FREQUENCY DISTRIBUTIONS AND PROBABILITY

Let the reader keep a note of the number of trumps held by himself and partner in a large number of games of whist (the cards being cut for trump). In 200 hands he may get such results as the following:

No. of trumps in his own and partner’s hands—0, 1, 2, 3, 4, 5, 6, 7, 8, 9, 10, 11, 12, 13.

No. of times this hand was held—0, 0, 0, 1, 9, 29, 53, 52, 35, 14, 6, 1, 0, 0.

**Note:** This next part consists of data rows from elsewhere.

//! Roots of two stores, and whether they have the same files.
ghost use Rattle.std.specs.Prelude.{◌≡◌, ◌↔◌, IfErr, IfOk, IsTrue};
ghost use Rattle.gix_object.specs.Hash.{id_kind};
ghost use Rattle.gix_object.specs.Openings.{OfTrees};
ghost use Rattle.gixobj_examples_audits.specs.Mirrors.{DecidesSameFiles, IsMirrorError};

pub mod laws;

use crate::canonical::is_canonical;
use gix_object::Find;
use gix_object::hash::ObjectId;
use gixobj_listings::roots::RootError;
use laws::equal_files_have_equal_ids;
use std::alloc::Global;

/// The error of [`is_mirrored`].
#[derive(Debug, Drop, thiserror::Error)]
pub enum MirrorError {
    /// The ids are of different kinds.
    #[error("the roots are named by different hash functions")]
    Kind,
    /// A tree at or below the root isn't found or isn't well-formed.
    #[error("the root: {0}")]
    Root(RootError),
    /// A tree at or below the copy isn't found or isn't well-formed.
    #[error("the copy: {0}")]
    Copy(RootError),
    /// This root isn't canonical, or has too many trees on a path.
    #[error("the tree {0} isn't canonical")]
    NotCanonical(ObjectId),
}

/// Returns `true` if a root of one store and its copy in another have the same files, at every depth.
///
/// Compares the ids of the roots alone, after a check by [`is_canonical`] that both are canonical to the depth.
/// The files of each are those in any table that agrees with its store. This holds if some table agrees with
/// both stores, and no tree has two ids of one kind in it. Allocates a buffer and the entries of each tree.
///
/// # Errors
///
/// - [`MirrorError::Kind`] if the ids are of different kinds;
/// - [`MirrorError::Root`] with the error of [`is_canonical`] for the root, or [`MirrorError::Copy`] with that
///   for the copy, which is checked only after a canonical root;
/// - [`MirrorError::NotCanonical`] with the first root that isn't canonical.
pub fn is_mirrored<S: Find, O: Find>(
    alloc: Global,
    store: &S,
    other: &O,
    root: ObjectId,
    copy: ObjectId,
    depth: u32,
) -> Result<bool, MirrorError>
    ensures same { IfOk result (λ same. OfTrees (S.objects store.now)
        (λ trees. OfTrees (O.objects other.now)
        (λ others. DecidesSameFiles trees others root copy same))) }
    ensures error { IfErr result (IsMirrorError (S.objects store.now) (S.may_fail store.now)
        (O.objects other.now) (O.may_fail other.now) root copy depth) }
{
    equal_files_have_equal_ids();
    if !have_same_kind(root, copy) {
        return Err(MirrorError::Kind);
    }
    match is_canonical(alloc, store, root, depth) {
        Ok(true) => {}
        Ok(false) => return Err(MirrorError::NotCanonical(root)),
        Err(error) => return Err(MirrorError::Root(error)),
    }
    match is_canonical(alloc, other, copy, depth) {
        Ok(true) => {}
        Ok(false) => return Err(MirrorError::NotCanonical(copy)),
        Err(error) => return Err(MirrorError::Copy(error)),
    }
    Ok(is_same_id(root, copy))
}

/// Returns `true` if the ids are of one kind.
fn have_same_kind(root: ObjectId, copy: ObjectId) -> bool
    ensures { IsTrue result ↔ (id_kind root ≡ id_kind copy) }
{
    root.kind() == copy.kind()
}

/// Returns `true` if the ids are equal.
fn is_same_id(root: ObjectId, copy: ObjectId) -> bool
    ensures { IsTrue result ↔ (root ≡ copy) }
{
    root == copy
}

He should note also the number of times that trumps were spades, clubs, diamonds, and hearts: he will get some such results as the following: spades, 46; clubs, 53; diamonds, 51; hearts, 50.

The numbers in the lower line of the first series form a “frequency distribution,” for they tell us the frequency of occurrence of the hands indicated in the numbers above them. “No. of trumps” is the independent variable, and “no. of times these nos. of trumps were held” is the dependent variable.

A frequency distribution represents the way in which the results of a series of experiments differ from the mean result. A particular result is expected from the operation of one, or a few, main causes. But a number of other relatively unimportant causes lead to the deviation of a number of results from this mean or characteristic one. Yet since one, or a few, main causes are predominant, the majority of the results of the experiment will approximate closely to the mean; and a relatively small proportion will deviate to variable distances on either side of the mean. If a pack of cards were shuffled so that all the suits were thoroughly mixed among each other, then we should expect the trumps to be as equally divided as possible between the four players. But a number of causes lead to irregularities in this desired uniform distribution, and so the results of a large number of deals deviate from the mean result. It is possible, by an application of the theory of probability, to calculate ideal, or theoretical frequency distributions, basing our reasoning on the considerations suggested above. We then find that the observed and calculated frequency distributions may be very much alike.

In biological investigation, far more than in physical investigation, we deal with mean results. It is, however, just as important that the mean should be considered as the individual divergences from the mean. We want to know the mean results, and the way and the extent in which the individual results diverge from the mean.

There is a mean or “ideal” result, but we must think of a great number of small independent causes which cause the actually obtained results to diverge from this mean. If these small un-co-ordinated causes are just as likely to cause the results to be less than the mean, as greater than the mean, we shall obtain a frequency distribution resembling the one given above, in that the variations from the mean are equal on both sides of the mean. But if the general tendency of the small un-co-ordinated causes is to cause the results, on the whole, to tend to be greater than the mean, then the frequency distribution will be “one-sided,” that is, if we represent it by a curve the latter will be an asymmetrical one. Curves which are asymmetrical are those most frequently obtained in biological, statistical investigations.